My requirements are:

(1) I want more juice from the machine i.e. Performance
(2) Better Screen/Display
(3) Trackpad should be good. (I had earlier used an Aspire one netbook, and it's trackpad was pathetic)
(4) Battery standby is not an issue.
(5) DOS/Linux/Windows 7 Starter doesn't make any difference to me.

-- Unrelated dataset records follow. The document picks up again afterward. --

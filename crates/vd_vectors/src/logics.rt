//! Values of the logical types, read from values of the language and made of them.

ghost use Rattle.std.specs.Prelude.{◌≡◌, IfOk, Ok, map};
ghost use Rattle.vd_composites.specs.Answers.{Answers, ListAnswers};
ghost use Rattle.vd_composites.specs.Vectors.{literal_position};
ghost use Rattle.vd_vectors.specs.Logics.{bounds_from_one as defined_from_one, logic_array, logic_at, logic_in, logic_value, logics_at, logics_in, position_in, result_array, result_bounds, truth};

use std::alloc::{AllocError, Global};
use vd_composites::{Bounds, Value, ValueEnd};
use vd_values::{Logic, Scalar, StopKind};

/// The type of some logical values.
#[derive(Clone, Copy, PartialEq, Eq, Debug)]
pub enum LogicType {
    /// BIT or BOOLEAN, whose values stand as `Logic::Zero` and `Logic::One`.
    TwoValued,
    /// STD_ULOGIC.
    NineValued,
}

/// The literal of STD_ULOGIC at a position.
fn nine_at(position: i64) -> Result<Logic, StopKind>
    ensures { result ≡ logic_at LogicType.NineValued position }
{
    match position {
        0 => Ok(Logic::U),
        1 => Ok(Logic::X),
        2 => Ok(Logic::Zero),
        3 => Ok(Logic::One),
        4 => Ok(Logic::Z),
        5 => Ok(Logic::W),
        6 => Ok(Logic::L),
        7 => Ok(Logic::H),
        8 => Ok(Logic::Dash),
        _ => Err(StopKind::Range),
    }
}

/// The literal at a position.
fn literal_at(of: LogicType, position: i64) -> Result<Logic, StopKind>
    ensures { result ≡ logic_at of position }
{
    match of {
        LogicType::NineValued => nine_at(position),
        LogicType::TwoValued => match position {
            0 => Ok(Logic::Zero),
            1 => Ok(Logic::One),
            _ => Err(StopKind::Range),
        },
    }
}

/// The position of a literal.
pub fn position_of(of: LogicType, value: Logic) -> u8
    ensures { result ≡ position_in of value }
{
    match (of, value) {
        (LogicType::NineValued, value) => value as u8,
        (LogicType::TwoValued, Logic::One) => 1,
        (LogicType::TwoValued, _) => 0,
    }
}

/// The position of a literal in its type.
fn position_in_type(scalar: Scalar) -> Result<i64, StopKind>
    ensures { result ≡ literal_position scalar }
{
    match scalar {
        Scalar::Literal(position) => Ok(i64::from(position)),
        Scalar::Integer(_) | Scalar::Time(_) => Err(StopKind::Range),
    }
}

/// The literals at some positions.
fn literals_at(alloc: Global, of: LogicType, positions: &[i64]) -> Result<Vec<Logic>, ValueEnd>
    ensures { ListAnswers result (logics_at of positions.now) }
{
    let Ok(mut values) = Vec::with_capacity(alloc, positions.len()) else {
        return Err(ValueEnd::Memory);
    };
    for position in positions {
        match literal_at(of, *position) {
            Err(kind) => return Err(ValueEnd::Stop(kind)),
            Ok(value) => {
                if values.push(value).is_err() {
                    return Err(ValueEnd::Memory);
                }
            }
        }
    }
    Ok(values)
}

/// What a scalar value is.
pub fn as_logic(of: LogicType, value: &Value) -> Result<Logic, StopKind>
    ensures { result ≡ logic_in of value.now }
{
    let Some(scalar) = value.as_scalar() else {
        return Err(StopKind::Range);
    };
    match position_in_type(scalar) {
        Err(kind) => Err(kind),
        Ok(position) => literal_at(of, position),
    }
}

/// The elements of an array.
pub fn as_logics(alloc: Global, of: LogicType, value: &Value) -> Result<Vec<Logic>, ValueEnd>
    ensures { ListAnswers result (logics_in of value.now) }
{
    match value.literal_positions(alloc) {
        Err(end) => Err(end),
        Ok(positions) => literals_at(alloc, of, &positions),
    }
}

/// A scalar value.
pub fn of_logic(alloc: Global, of: LogicType, value: Logic) -> Result<Value, ValueEnd>
    ensures { Answers result (Ok (logic_value of value)) }
{
    let position = u32::from(position_of(of, value));
    match Value::scalar(alloc, Scalar::Literal(position)) {
        Ok(made) => Ok(made),
        Err(_) => Err(ValueEnd::Memory),
    }
}

/// A value of BOOLEAN.
pub fn of_truth(alloc: Global, holds: bool) -> Result<Value, ValueEnd>
    ensures { Answers result (Ok (truth holds)) }
{
    let position = if holds { 1 } else { 0 };
    match Value::scalar(alloc, Scalar::Literal(position)) {
        Ok(made) => Ok(made),
        Err(_) => Err(ValueEnd::Memory),
    }
}

/// The positions of some values.
fn positions_of(alloc: Global, of: LogicType, values: &[Logic]) -> Result<Vec<u8>, AllocError>
    ensures { IfOk result (λ ps. ps.items ≡ map (position_in of) values.now) }
{
    values
        .iter()
        .map(|value| position_of(of, *value))
        .collect(alloc)
}

/// An array with these bounds.
fn of_logics(
    alloc: Global,
    of: LogicType,
    bounds: Bounds,
    values: &[Logic],
) -> Result<Value, ValueEnd>
    ensures { Answers result (logic_array of bounds values.now) }
{
    match positions_of(alloc, of, values) {
        Err(_) => Err(ValueEnd::Memory),
        Ok(positions) => Value::of_literals(alloc, bounds, &positions),
    }
}

/// The bounds 1 to n of an array whose index subtype is NATURAL or POSITIVE, unless they leave it.
pub fn bounds_from_one(count: usize) -> Result<Bounds, StopKind>
    ensures { result ≡ defined_from_one count }
{
    if count > 2_147_483_647 {
        return Err(StopKind::Index);
    }
    Ok(Bounds {
        left: 1,
        right: count as i64,
        down: false,
    })
}

/// The bounds of an operator's result.
fn bounds_of(of: LogicType, bounds: Bounds, count: usize) -> Result<Bounds, StopKind>
    ensures { result ≡ result_bounds of bounds count }
{
    match of {
        LogicType::TwoValued => Ok(bounds),
        LogicType::NineValued => bounds_from_one(count),
    }
}

/// The array that an operator gives on one with these bounds.
pub fn result_of(
    alloc: Global,
    of: LogicType,
    bounds: Bounds,
    values: &[Logic],
) -> Result<Value, ValueEnd>
    ensures { Answers result (result_array of bounds values.now) }
{
    match bounds_of(of, bounds, values.len()) {
        Ok(own) => of_logics(alloc, of, own, values),
        Err(kind) => Err(ValueEnd::Stop(kind)),
    }
}
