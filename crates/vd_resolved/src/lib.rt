//! Resolved trees: syntax trees with a declaration at each name and a type at each expression, and what builds them.
#![tactic(auto)]

pub mod builder;
pub mod node;
mod stack;
pub mod trees;

pub use builder::Builder;
pub use node::Resolved;
pub use trees::{Resolved19, Resolved93, Tree};
use vd_forest::Cursor;

/// A resolved tree's nodes, read from the front.
pub type ResolvedCursor<'a> = Cursor<'a, Resolved>;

If you have something else in your mind, please let me know that too.


----------



## coderunknown (Sep 13, 2012)

Samsung Laptop NP RV513 @ 22.1k only


----------



## amandeep86 (Sep 13, 2012)

Already have a Samsung Notebook with 15.6" screen. I want a portable one now.


----------



## sling-shot (Sep 13, 2012)

Consider this :
Samsung NP305U1A-A06IN Laptop (APU Dual Core/ 2GB/ 500GB/ Win7 HB): Flipkart.com: Compare, Review Samsung Netbook


----------



## coderunknown (Sep 13, 2012)

didn't check properly. though it was a 11" unit 
if you want a netbook, consider getting one with at least E350 or E450. Even better if you can grab one with E2-1800 but those cost a lot and considering the performance is badly overpriced. avoid all sort of Atom processor cause those are not even powerful for basic multitasking. and ram can't be upgraded.


----------



## sling-shot (Sep 14, 2012)

The Samsung I mentioned above is E-450. Has 2 GB RAM onboard with the possibility to swap it out for higher.
Screen is 11.6 inch but 1366x768.
Lightweight.
Decent battery life. (Just bought it a week back)
-SS.


----------



## amandeep86 (Sep 14, 2012)

How about Sony Vaio SVE11115EN ?

Getting it for Rs.25,917 on eBay. Is it worth it?


----------



## coderunknown (Sep 14, 2012)

avoid. don't buy any AMD E/C processor based laptop above 25k. At this price they lose their value as performance wise they trail even 2nd gen Pentium Dual Core. Go for the one sling-shot recommended.
only E-series APU based laptop worth more than 25k is this: Asus U32U-RX012D


----------



## amandeep86 (Sep 14, 2012)

*Confused*

Oh man.. I'm totally confused now. At one point I decide to buy the cheapest one, and on the other point I think I should buy a good one because I won't change it soon.


----------



## coderunknown (Sep 14, 2012)

softwares that run on a E2-1800 will run fine on a 1.6Ghz E450. But neither E2 nor E450 can handle any game or heavy multitasking though basic browsing + office work will go fine. I said at the beginning that E2-1800 will cost a lot and loose their value completely. E2 was suppose to replace E450. instead it made its own section above 25k. Samsung netbook recommended above cost 24k and i guess should be available for 22.5-23k locally as FK is pricing everything 1-2k higher.

with netbook the biggest sacrifice is of processing power. but usually they weight half and offer double the battery life.


----------